A husband in Europe on business, the children off to school and another long day ahead. She stares blankly out the window bathed in morning sunlight, a glass of white wine in her hand; a vague sense of disappointment pervades. She reflects, “The life that I’ve fashioned is not what I wanted.” It’s the stuff of countless made-for-TV movies, but in the early 1970s, before the women’s movement’s inevitable co-optation and commodification, such scenarios signaled the rumblings of genuine awakening.
Unfortunately, over the past 30-odd years, Joy Of Cooking’s once notable rep has suffered a similar diminution, from critical darlings to rock ‘n’ roll footnotes. Led by a pair of Berkeley over-30s — Toni Brown, a folkie with a penchant for abstract jazz, and Terry Garthwaite, a white blues mama with a more-than-creditable scat — Joy Of Cooking’s stylistic marriage portends the worst sort of middlebrow pretension. But in practice, the partnership functions much like the old Astaire-Rodgers axiom, with Brown providing the class and Garthwaite the sex.

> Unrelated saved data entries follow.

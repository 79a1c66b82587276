ghost use Rattle.std.specs.Prelude.{◌≡◌, ◌<◌, ◌≤◌, ◌^◌, ℕ, [], set, get_or, OnOk};
ghost use Rattle.stable.specs.Counts.{HasCause};
ghost use Rattle.stable.specs.Moments.{IsClocked, LeavesOnly};
ghost use Rattle.stable.specs.States.{ArePuts};
ghost use Rattle.stable.specs.Store.{Image, HasSectors, Same, SectorPut, KeepsName, StaysOpenable};
ghost use Rattle.stable.specs.declared.snapshot.Snapshot.{Snapshot};
ghost use Rattle.stable.specs.declared.state.State.TheVariants as state;

use crate::Failed;

/// A store of sectors of 512 bytes. A sector that was put stays, whatever crash comes later.
///
/// A crash is one that the store can be opened after with nothing lost: what it takes, the store can do without.
pub trait Stable {
    /// Whether stores of this type tell what they hold.
    ghost tells: { Type 0 };

    /// The sectors, where they are told.
    ghost image: { Self → Image };

    /// The moment, as a number that doesn't fall.
    ghost moment: { Self → ℕ };

    /// The images that a crash at some moment from that one on may leave, in a call or between two.
    ghost left_since: { Self → ℕ → Image → Type 0 };

    /// Whether what each crash from that moment on leaves can be opened again.
    ghost opens_since: { Self → ℕ → Type 0 };

    /// How many sectors there are.
    ghost sector_count: { Self → ℕ };

    /// How often a device has failed, up to 2 to the 64 less 1.
    ghost faults: { Self → ℕ };

    /// The state and the counts.
    ghost snapshot_of: { Self → Snapshot };

    /// The number of sectors. It never changes.
    fn sectors(&self) -> u32
        ensures { result ≡ sector_count self.now };

    /// Reads a sector. After Failed `into` holds any bytes.
    fn get(&mut self, sector: u32, into: &mut [u8; 512]) -> Result<(), Failed>
        requires { sector < sector_count self.old }
        ensures done { tells → OnOk result (into.new ≡ get_or (image self.old) sector []) }
        ensures image { image self.new ≡ image self.old }
        ensures crash { LeavesOnly moment left_since self.old self.new (Same (image self.old)) }
        ensures opens { StaysOpenable opens_since moment self.old self.new }
        ensures cause { HasCause (faults self.old) (faults self.new) result }
        ensures sectors { sector_count self.new ≡ sector_count self.old }
        ensures snapshot { snapshot_of self.new ≡ snapshot_of self.old };

    /// Puts a sector. After Failed that sector is old or new.
    fn put(&mut self, sector: u32, bytes: &[u8; 512]) -> Result<(), Failed>
        requires { sector < sector_count self.old }
        ensures done { tells → OnOk result (image self.new ≡ set (image self.old) sector bytes.now) }
        ensures crash { LeavesOnly moment left_since self.old self.new (SectorPut sector bytes.now (image self.old)) }
        ensures opens { KeepsName sector bytes.now (image self.old) → StaysOpenable opens_since moment self.old self.new }
        ensures cause { HasCause (faults self.old) (faults self.new) result }
        ensures sectors { sector_count self.new ≡ sector_count self.old }
        ensures snapshot { ArePuts 1 (faults self.old) (faults self.new) (snapshot_of self.old) (snapshot_of self.new) };

    /// The image now is one of those left since any earlier moment, the only one since now, and images are told only where contents are.
    ghost clocked: { IsClocked tells image moment left_since };

    /// Each image is whole.
    ghost shape: { (s : Self) (t : ℕ) (i : Image) → left_since s t i → HasSectors (sector_count s) i };

    /// What can be opened again after a crash since a moment can be so after one since a later moment.
    ghost opens_later: { (s : Self) (t u : ℕ) → t ≤ u → opens_since s t → opens_since s u };

    /// The count of puts has 64 bits.
    ghost counted: { (s : Self) → (snapshot_of s).puts < 2 ^ 64 };

    /// In DOWN nothing is dirty.
    ghost down: { (s : Self) → (snapshot_of s).state ≡ state.Down → (snapshot_of s).dirty ≡ 0 };
}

Given their unlikely roots, their self-titled debut’s decidedly adult, obliquely feminist slant is more a function of nature than design: memories of abiding love, rearranging a bedroom to forestall failed romance, finding one’s wings and moving on. But as Brown and Garthwaite have long argued, Joy Of Cooking’s primary impulse is musical, not political — their band name is not simply a reclamation of tired domestic trope, but also an acknowledgment of the physical pleasures of making music.

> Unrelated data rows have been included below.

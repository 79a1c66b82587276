//! Runs over memory: trees, and sessions of the programs.

mod cuts;
mod disks;
mod limits;
mod listings;
mod moves;
mod refusals;
mod sessions;
mod walks;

With Brown’s flowing piano lines foregrounded and secret weapon Ron Wilson’s percussion percolating deep in the mix, Joy Of Cooking showcases a dance band’s commitment to rhythmic interplay. Together, the group fashions a genuine feminine jam-band alternative: pretty, sexy and playful; organic without the bullshit; long on groove and short on pointless shows of chops. A unjustly forgotten gem.